Even with a simple selection like 3 varieties of yogurt: over and over, the subject eats far more when three kinds are there, even when the single-selection test that's being compared is her very favorite kind.
Dr. Wansink recommends this as part of an "eating script," a way of routinely doing things that can make healthy, moderate choices almost "mindless." (He uses "mindless" very differently from Dr. Beck in The Beck Diet Solution. Wansink really means "automatic" or "habitual," referring to something that doesn't take a lot of thought or willpower, it just happens fairly easily. Washing my hands repeatedly as I cook is mindless; it's not an effort--it "comes naturally" because that's what I've done for so long.
So the suggestion is to plan a meal that contains just a few items. If you offer your family marinara sauce or mushroom sauce, what will many choose? BOTH!
The other factor here is what they call flavor-specific satiety. That just means, you might feel you've eaten enough basil chicken, but if dill salmon appears, research shows you'll feel you can eat that, too. So I'm planning simpler meals--still the same calories and nutrients--but fewer serving dishes will be an aid to not overeating.

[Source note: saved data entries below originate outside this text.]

//! Parts of a page, written as a tree of their own.
ghost use Rattle.std.specs.Prelude.{◌≡◌, ◌+◌, ◌<◌, ◌++◌, length, IsTrue, Ok, IfOk, OnOk};
ghost use Rattle.htmd_lexical.specs.Attributes.{pairs_of};
ghost use Rattle.htmd_values.specs.ValueTrees.{none};
ghost use Rattle.htmd_nodes.specs.Items.{data_at, depth_at, holds_children};
ghost use Rattle.htmd_nodes.specs.Layout.{forest_items};
ghost use Rattle.htmd_nodes.specs.Views.{data_of};
ghost use Rattle.htmd_article.specs.Outermost.{outermost};
ghost use Rattle.htmd_article.specs.PartViews.{part_of, parts_of};
ghost use Rattle.htmd_article.specs.TopLinks.{without_links, linkless};
ghost use Rattle.htmd_article.specs.Writing as spec;

use crate::facts::Facts;
use crate::names::is_title;
use crate::outermost::{Landmark, is_landmark};
use crate::parts::{Part, is_entered};
use crate::top_links::{Place, place_of};
use htmd_nodes::{Attribute, NodeData, NodeId, Tree, TreeError};
use std::alloc::{AllocError, Global};

/// Whether the node is a link of a heading to itself: an `a` that shows a sign and nothing else.
fn is_permalink(node: &NodeData, facts: Facts) -> bool
    ensures { result ≡ spec.is_permalink (data_of node.now) facts }
{
    match node {
        NodeData::Element { name, .. } => {
            name.as_str() == "a" && facts.counts.characters == 1 && facts.counts.signs == 1
        }
        NodeData::Document | NodeData::Doctype | NodeData::Text(_) | NodeData::Comment(_) => false,
    }
}

/// Whether the node is such a link in a heading or a term.
fn goes(node: &NodeData, facts: Facts, in_title: bool) -> bool
    ensures { result ≡ spec.goes (data_of node.now) facts in_title }
{
    in_title && is_permalink(node, facts)
}

/// Whether the nodes below this one are in a heading or a term, if it is in one or not.
fn in_title_below(node: &NodeData, in_title: bool) -> bool
    ensures { result ≡ spec.in_title_below (data_of node.now) in_title }
{
    match node {
        NodeData::Element { name, .. } => in_title || is_title(name),
        NodeData::Document | NodeData::Doctype | NodeData::Text(_) | NodeData::Comment(_) => {
            in_title
        }
    }
}

fn attributes_of(alloc: Global, attrs: &[Attribute]) -> Result<Vec<Attribute>, AllocError>
    ensures { IfOk result (λ copies. pairs_of copies.items ≡ pairs_of attrs.now) }
{
    let mut copies = Vec::with_capacity(alloc, attrs.len())?;
    for attribute in attrs {
        let name = String::from_str(alloc, attribute.name.as_str())?;
        let value = String::from_str(alloc, attribute.value.as_str())?;
        copies.push(Attribute { name, value })?;
    }
    Ok(copies)
}

/// The node that was added.
fn added(outcome: Result<NodeId, TreeError>) -> Result<NodeId, AllocError>
    ensures { IfOk result (λ id. outcome ≡ Ok id) }
{
    match outcome {
        Ok(id) => Ok(id),
        Err(_) => Err(AllocError),
    }
}

/// Adds a node without what is below it; an element's number is returned.
fn add_node(
    out: &mut Tree,
    under: NodeId,
    node: &NodeData,
    alloc: Global,
) -> Result<Option<NodeId>, AllocError>
    requires under { under < length out.old }
    requires holds { IsTrue (holds_children (data_at out.old under)) }
    ensures out { OnOk result (out.new ≡ out.old ++ forest_items (depth_at out.old under + 1) under (length out.old)
        (spec.node_before (data_of node.now) none none)) }
    ensures id { IfOk result (λ id. id ≡ spec.number_below (data_of node.now) (length out.old)) }
{
    match node {
        NodeData::Document => {}
        NodeData::Doctype => {
            added(out.add_doctype(under))?;
        }
        NodeData::Text(text) => {
            added(out.add_text(under, text.as_str()))?;
        }
        NodeData::Comment(text) => {
            added(out.add_comment(under, text.as_str()))?;
        }
        NodeData::Element { name, attrs } => {
            let attrs = attributes_of(alloc, attrs.as_slice())?;
            return Ok(Some(added(out.add_element(under, name.as_str(), attrs))?));
        }
    }
    Ok(None)
}

/// Appends parts to a node of a tree.
#[cycle(written)]
pub(crate) fn push_parts(
    out: &mut Tree,
    under: NodeId,
    parts: &[Part],
    in_title: bool,
    alloc: Global,
) -> Result<(), AllocError>
    requires under { under < length out.old }
    requires holds { IsTrue (holds_children (data_at out.old under)) }
    ensures { OnOk result (out.new ≡ out.old ++ forest_items (depth_at out.old under + 1) under (length out.old)
        (spec.written in_title (parts_of parts.now))) }
{
    for part in parts {
        push_part(out, under, part, in_title, alloc)?;
    }
    Ok(())
}

/// Appends a part to a node of a tree; in a heading or a term its links to itself go.
#[tactic(auto, using(crate::proofs::WritingLemmas::part_steps))]
#[cycle(written)]
pub(crate) fn push_part(
    out: &mut Tree,
    under: NodeId,
    part: &Part,
    in_title: bool,
    alloc: Global,
) -> Result<(), AllocError>
    requires under { under < length out.old }
    requires holds { IsTrue (holds_children (data_at out.old under)) }
    ensures { OnOk result (out.new ≡ out.old ++ forest_items (depth_at out.old under + 1) under (length out.old)
        (spec.written_part in_title (part_of part.now))) }
{
    if goes(part.node, part.facts, in_title) {
        return Ok(());
    }
    if let Some(id) = add_node(out, under, part.node, alloc)? {
        let in_title = in_title_below(part.node, in_title);
        push_parts(out, id, part.parts.as_slice(), in_title, alloc)?;
    }
    Ok(())
}

/// Appends parts to a node of a tree, without the links above the content.
#[cycle(below_links)]
pub(crate) fn push_below_links(
    out: &mut Tree,
    under: NodeId,
    parts: &[Part],
    in_title: bool,
    alloc: Global,
) -> Result<(), AllocError>
    requires under { under < length out.old }
    requires holds { IsTrue (holds_children (data_at out.old under)) }
    ensures { OnOk result (out.new ≡ out.old ++ forest_items (depth_at out.old under + 1) under (length out.old)
        (spec.written in_title (without_links (parts_of parts.now)))) }
{
    for (i, part) in parts.iter().enumerate() {
        match place_of(part.node, part.facts) {
            Place::Links => {}
            Place::Nothing => push_part(out, under, part, in_title, alloc)?,
            Place::Content => return push_parts(out, under, &parts[i..], in_title, alloc),
            Place::Block => {
                push_block(out, under, part, in_title, alloc)?;
                return push_parts(out, under, &parts[i + 1..], in_title, alloc);
            }
        }
    }
    Ok(())
}

/// Appends a part to a node of a tree, without the links above the content in it.
#[tactic(auto, using(crate::proofs::WritingLemmas::linkless_steps))]
#[cycle(below_links)]
pub(crate) fn push_block(
    out: &mut Tree,
    under: NodeId,
    part: &Part,
    in_title: bool,
    alloc: Global,
) -> Result<(), AllocError>
    requires under { under < length out.old }
    requires holds { IsTrue (holds_children (data_at out.old under)) }
    ensures { OnOk result (out.new ≡ out.old ++ forest_items (depth_at out.old under + 1) under (length out.old)
        (spec.written_part in_title (linkless (part_of part.now)))) }
{
    if goes(part.node, part.facts, in_title) {
        return Ok(());
    }
    if let Some(id) = add_node(out, under, part.node, alloc)? {
        let in_title = in_title_below(part.node, in_title);
        push_below_links(out, id, part.parts.as_slice(), in_title, alloc)?;
    }
    Ok(())
}

/// Appends the outermost elements in a part that say that they are something, the part with them, to a node of a tree.
#[tactic(auto, using(crate::proofs::OutermostLemmas::outermost_steps))]
pub(crate) fn push_outermost(
    out: &mut Tree,
    under: NodeId,
    mark: Landmark,
    part: &Part,
    alloc: Global,
) -> Result<(), AllocError>
    requires under { under < length out.old }
    requires holds { IsTrue (holds_children (data_at out.old under)) }
    ensures { OnOk result (out.new ≡ out.old ++ forest_items (depth_at out.old under + 1) under (length out.old)
        (spec.all_written (outermost mark (part_of part.now)))) }
{
    if is_landmark(mark, part.node, part.facts) {
        return push_part(out, under, part, false, alloc);
    }
    if !is_entered(part.node) {
        return Ok(());
    }
    for inner in &part.parts {
        push_outermost(out, under, mark, inner, alloc)?;
    }
    Ok(())
}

I saw this operation so clearly tonight. On Saturday night DH and I often split a chicken-veggie take-out entree from the Thai restaurant, and feel full. Often I don't even finish my half. But tonight the older kids were here and ordered a different chicken dish, so I caught myself wanting a little portion of that, also. And the 17-year-old made a pizza after his long bike ride . . . guess what: that looked fabulous to me, and I had to move it where I couldn't see it, even though I absolutely had enough to eat already!
Modern Americans are very accustomed to all this variety and think nothing of it. But it's a lot easier to keep everyone at a healthy weight when ONE protein-and-vegetables choice is present!